# Autosexing Question



## WeeLittleChicken (Aug 31, 2012)

So I am jumping back into the big bad world of chickens with some Bielfelder hatching eggs come Monday.  Now I know Bielfelders are autosexing, which is one of the things that made me want to try them, and I know they lay big brown eggs. What I was wondering though, is if could cross them to another barred autosexing breed would they retain this autosexing feature? I was thinking of eventually crossing a Bielfelder with a Cream Legbar to see if I could get autosexing green egg layers... would this work? All the information I could find was how to make an autosexing chicken from scratch. I found no such information on crossing already functional breeds...


----------



## Fiere (Feb 26, 2014)

I'm taking a stab in the dark here as I'm not entirely sure, but *in theory* if you cross a Bielefelder roo with a Legbar hen, you will achieve green eggs and the first generation might be sexlinked. 

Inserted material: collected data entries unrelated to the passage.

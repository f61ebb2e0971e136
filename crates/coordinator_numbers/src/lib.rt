// The coordinator's record as a row of numbers, in document 01's order (crate `record_numbers` has
// the definitions): total, base, threshold, signals, class; then the five numbers of its
// phase (crate `coordinator_phase`).

#![tactic(auto)]

ghost use Rattle.std.specs.Prelude.{◌≡◌, ◌≤◌};
ghost use Rattle.record_numbers.specs.Numbers.{greatest_narrow, greatest_held, coordinator_well, no_coordinator, coordinator_from, coordinator_read, coordinator_numbers};

use coordinator_phase::{phase_from, phase_numbers, phase_well};
use model::{CoordinatorRecord, Phase};

// How many numbers the record takes.
pub const COORDINATOR_NUMBERS: usize = 10;

// The greatest of the numbers that the record holds in four bytes.
fn greatest_held(row: &[u64; COORDINATOR_NUMBERS]) -> u64
    ensures { result ≡ greatest_held row.now }
{
    let single = row[3].max(row[4]);
    let interval = row[7].max(row[8]);
    single.max(row[6].max(interval))
}

// Whether a row is that of a record.
fn coordinator_well(row: &[u64; COORDINATOR_NUMBERS]) -> bool
    ensures { result ≡ coordinator_well row.now }
{
    greatest_held(row) <= 4294967295 && phase_well(row[5], row[6], row[7], row[8], row[9])
}

// The record of a row that is one.
fn record_from(row: &[u64; COORDINATOR_NUMBERS]) -> CoordinatorRecord
    requires { greatest_held row.now ≤ greatest_narrow }
    ensures { result ≡ coordinator_from row.now }
{
    let phase = phase_from(row[5], row[6] as u32, row[7] as u32, row[8] as u32, row[9]);
    CoordinatorRecord {
        total: row[0],
        base: row[1],
        threshold: row[2],
        signals: row[3] as u32,
        quantile: row[4] as u32,
        phase,
    }
}

// A record of zeros, which is inconsistent with any memory.
fn no_coordinator() -> CoordinatorRecord
    ensures { result ≡ no_coordinator }
{
    CoordinatorRecord {
        total: 0,
        base: 0,
        threshold: 0,
        signals: 0,
        quantile: 0,
        phase: Phase::Idle,
    }
}

// The record of a row; of zeros for a row that is none.
pub fn coordinator_from(row: &[u64; COORDINATOR_NUMBERS]) -> CoordinatorRecord
    ensures { result ≡ coordinator_read row.now }
{
    if coordinator_well(row) {
        record_from(row)
    } else {
        no_coordinator()
    }
}

// The row of a record.
pub fn coordinator_row(coordinator: CoordinatorRecord) -> [u64; COORDINATOR_NUMBERS]
    ensures { result ≡ coordinator_numbers coordinator }
{
    let phase = phase_numbers(coordinator.phase);
    [
        coordinator.total,
        coordinator.base,
        coordinator.threshold,
        coordinator.signals as u64,
        coordinator.quantile as u64,
        phase.which,
        phase.site as u64,
        phase.low as u64,
        phase.high as u64,
        phase.sum,
    ]
}
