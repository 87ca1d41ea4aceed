// A place by the name it has in docs/PLACES.md; asleep means at park.
ghost use Rattle.std.specs.Prelude.{◌≡◌};
ghost use Rattle.traced.specs.Place.{place_text};

use state::Place;

pub(crate) fn name_of(place: Place) -> &'static str
    ensures { result.now ≡ place_text place }
{
    match place {
        Place::Idle => "idle",
        Place::TryReadLoad { .. } => "at TryReadLoad",
        Place::TryReadCas { .. } => "at TryReadCas",
        Place::TryWriteOr { .. } => "at TryWriteOr",
        Place::ContendLoad { .. } => "at ContendLoad",
        Place::ContendCas { .. } => "at ContendCas",
        Place::RegisterCas { .. } => "at RegisterCas",
        Place::CompletedLoad { .. } => "at CompletedLoad",
        Place::Park { .. } => "asleep at Park",
        Place::WalkTail { .. } => "at WalkTail",
        Place::WalkNext { .. } => "at WalkNext",
        Place::WalkPrev { .. } => "at WalkPrev",
        Place::WalkHead { .. } => "at WalkHead",
        Place::QueueCas { .. } => "at QueueCas",
        Place::SplitPrev { .. } => "at SplitPrev",
        Place::SplitStore { .. } => "at SplitStore",
        Place::SplitCas { .. } => "at SplitCas",
        Place::SplitRestore { .. } => "at SplitRestore",
        Place::TakeCas { .. } => "at TakeCas",
        Place::WakePrev { .. } => "at WakePrev",
        Place::WakeStore { .. } => "at WakeStore",
        Place::ReadUnlockLoad => "at ReadUnlockLoad",
        Place::ReadUnlockCas { .. } => "at ReadUnlockCas",
        Place::Subtract { .. } => "at Subtract",
        Place::WriteUnlockCas => "at WriteUnlockCas",
        Place::ReleaseCas { .. } => "at ReleaseCas",
        Place::DowngradeCas => "at DowngradeCas",
        Place::DowngradeSlowCas { .. } => "at DowngradeSlowCas",
    }
}
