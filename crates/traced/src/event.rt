// The trace's lines: an event's with the waiters newest first and the reader count where it sits (docs/TRACE.md).
ghost use Rattle.std.specs.Prelude.{◌≡◌};
ghost use Rattle.print.specs.Line.{put_all, line_of};
ghost use Rattle.state.specs.Machine.{thread_limit};
ghost use Rattle.traced.specs.Event.{node_text, nodes_text, refusal_text, listed_text, waiters_text, sits_text};
ghost use Rattle.traced.specs.Event.{raw_text, counted_text, readers_text, state_text, traced_text};

use listing::listing::listing;
use listing::reader_count::reader_count;
use listing::{Readers, Sits, Waiters};
use print::Line;
use print::replayed::step_line;
use schedule::{Moved, Seen};
use state::{Machine, Refusal};
use word::NodeNumber;

// Past the waiters' length their array has none, and none has no text.
fn put_node(line: Line, n: NodeNumber) -> Line
    ensures { result ≡ put_all line (node_text n) }
{
    if n.is_none() {
        line
    } else {
        line.text(b" ").decimal(n.0)
    }
}

fn put_nodes(mut line: Line, w: Waiters) -> Line
    ensures { result ≡ put_all line (nodes_text thread_limit w.nodes) }
{
    for n in &w.nodes {
        line = put_node(line, *n);
    }
    line
}

fn put_refusal(line: Line, refusal: Refusal) -> Line
    ensures { result ≡ put_all line (refusal_text refusal) }
{
    line.text(b" refused ").decimal(refusal.number() as u64)
}

fn put_listed(line: Line, w: Waiters) -> Line
    ensures { result ≡ put_all line (listed_text w) }
{
    if w.length == 0 {
        line.text(b" -")
    } else {
        put_nodes(line, w)
    }
}

fn put_waiters(line: Line, waiters: Result<Waiters, Refusal>) -> Line
    ensures { result ≡ put_all line (waiters_text waiters) }
{
    let headed = line.text(b" | waiters");
    match waiters {
        Ok(w) => put_listed(headed, w),
        Err(refusal) => put_refusal(headed, refusal),
    }
}

fn put_sits(line: Line, sits: Sits) -> Line
    ensures { result ≡ put_all line (sits_text sits) }
{
    match sits {
        Sits::Nowhere => line,
        Sits::Word => line.text(b" in word"),
        Sits::Downgrade => line.text(b" in DOWNGRADED"),
        Sits::Node(n) => line.text(b" in node ").decimal(n.0),
    }
}

// The raw number, where it is not the one that is due.
fn put_raw(line: Line, r: Readers) -> Line
    ensures { result ≡ put_all line (raw_text r) }
{
    if r.agrees {
        line
    } else {
        line.text(b", wrong: ").decimal(r.raw)
    }
}

fn put_counted(line: Line, r: Readers) -> Line
    ensures { result ≡ put_all line (counted_text r) }
{
    if r.readers == 0 {
        line.text(b" -")
    } else {
        put_raw(put_sits(line.text(b" ").decimal(r.readers), r.sits), r)
    }
}

fn put_readers(line: Line, readers: Result<Readers, Refusal>) -> Line
    ensures { result ≡ put_all line (readers_text readers) }
{
    let headed = line.text(b" | readers");
    match readers {
        Ok(r) => put_counted(headed, r),
        Err(refusal) => put_refusal(headed, refusal),
    }
}

fn put_state(line: Line, m: Machine) -> Line
    ensures { result ≡ put_all line (state_text m) }
{
    put_readers(put_waiters(line, listing(m)), reader_count(m))
}

// The line of one step of a cursor: it stood at event `at` before it moved. An accepted event's is document 01's, and
// then the state.
pub fn traced_line(at: usize, moved: Moved) -> Line
    ensures { result ≡ line_of (traced_text at moved) }
{
    let line = step_line(at, moved);
    match moved.seen {
        Some(Seen { reply: Ok(_), .. }) => put_state(line, moved.cursor.machine),
        Some(Seen { reply: Err(_), .. }) | None => line,
    }
}
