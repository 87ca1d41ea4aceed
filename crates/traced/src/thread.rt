// The trace's line of a thread: where it is in its call, what it holds, its token, and where its node stands.
ghost use Rattle.std.specs.Prelude.{◌≡◌};
ghost use Rattle.print.specs.Line.{put_all, line_of};
ghost use Rattle.traced.specs.Thread.{holding_text, token_text, rouser_text, rousers_text, standing_text};
ghost use Rattle.traced.specs.Thread.{record_text, thread_text};

use crate::place::name_of;
use print::Line;
use standing::Standing;
use standing::look::record_of;
use standing::rouses::rouses;
use standing::stands::stands;
use state::{Holding, Machine, Thread};
use word::ThreadNumber;

fn held(holding: Holding) -> &'static str
    ensures { result.now ≡ holding_text holding }
{
    match holding {
        Holding::Nothing => ", holds nothing",
        Holding::Read => ", holds read",
        Holding::Write => ", holds write",
    }
}

fn token_word(token: bool) -> &'static str
    ensures { result.now ≡ token_text token }
{
    if token { ", token" } else { ", no token" }
}

fn put_rouser(line: Line, m: Machine, k: u8) -> Line
    ensures { result ≡ put_all line (rouser_text m k) }
{
    if rouses(m, ThreadNumber(k)) {
        line.text(b" ").decimal(k as u64)
    } else {
        line
    }
}

// Whose steps have to come before it is woken.
fn put_rousers(mut line: Line, m: Machine) -> Line
    ensures { result ≡ put_all line (rousers_text m.count m) }
{
    for k in 0..m.count {
        line = put_rouser(line, m, k);
    }
    line
}

fn put_standing(line: Line, m: Machine, standing: Standing) -> Line
    ensures { result ≡ put_all line (standing_text m standing) }
{
    match standing {
        Standing::NotWaiting => line,
        Standing::Nowhere => line.text(b", in no list"),
        Standing::Completed => line.text(b", completed"),
        Standing::InQueue => put_rousers(line.text(b", in the queue, waits for"), m),
        Standing::SetAside { by } => line.text(b", set aside by ").decimal(by.0 as u64),
        Standing::InList { by } => line.text(b", in the list of ").decimal(by.0 as u64),
    }
}

fn record_line(t: ThreadNumber, its: Thread) -> Line
    ensures { result ≡ line_of (record_text t its) }
{
    Line::blank()
        .text(b"thread ")
        .decimal(t.0 as u64)
        .text(b" ")
        .text(name_of(its.place).as_bytes())
        .text(held(its.holding).as_bytes())
        .text(token_word(its.token).as_bytes())
}

pub fn thread_line(m: Machine, t: ThreadNumber) -> Line
    ensures { result ≡ line_of (thread_text m t) }
{
    put_standing(record_line(t, record_of(m, t)), m, stands(m, t))
}
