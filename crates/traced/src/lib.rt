// The trace's lines (docs/TRACE.md).
//
//     event::traced_line(..)     document 01's line with the waiters newest first and the reader count where it sits
//     thread::thread_line(m, t)  where a thread is in its call, what it holds, and where its node stands
#![tactic(auto, using(crate::specs::Laws::texts))]

pub mod event;
mod place;
pub mod thread;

Auto sexing and sex linkage are two similar, but very different things. Sex links don't breed true after the first generation, whereas auto sexing started with sex linking and after generations and generations of careful, selective breeding has achieved an auto sexing breed. Once you incorporate new genetics, that will theoretically throw all that in the toilet, even if the breeds were similarly developed and use the same sex-linked genes. When you out cross, you need to go back to square one, which is relying solely on that one sex-linked gene and that doesn't work past F1.

In this case, if my small knowledge base of Bielefelder and Legbar genetics is accurate, you'd have to toss the whole sex-linking gospel of barred hen to solid roo out the window and rely solely on the very basic premise that the hens are carrying the gene you want and the roosters are not. The gene you are wanting in this is the blue egg gene which is going to be carried by the hen (obviously), and while NOT a sex linking gene, that auto sexing ability should carry to those chicks. The moment you cross that generation with anything else, be it the parents or each other, you can't depend on it anymore. 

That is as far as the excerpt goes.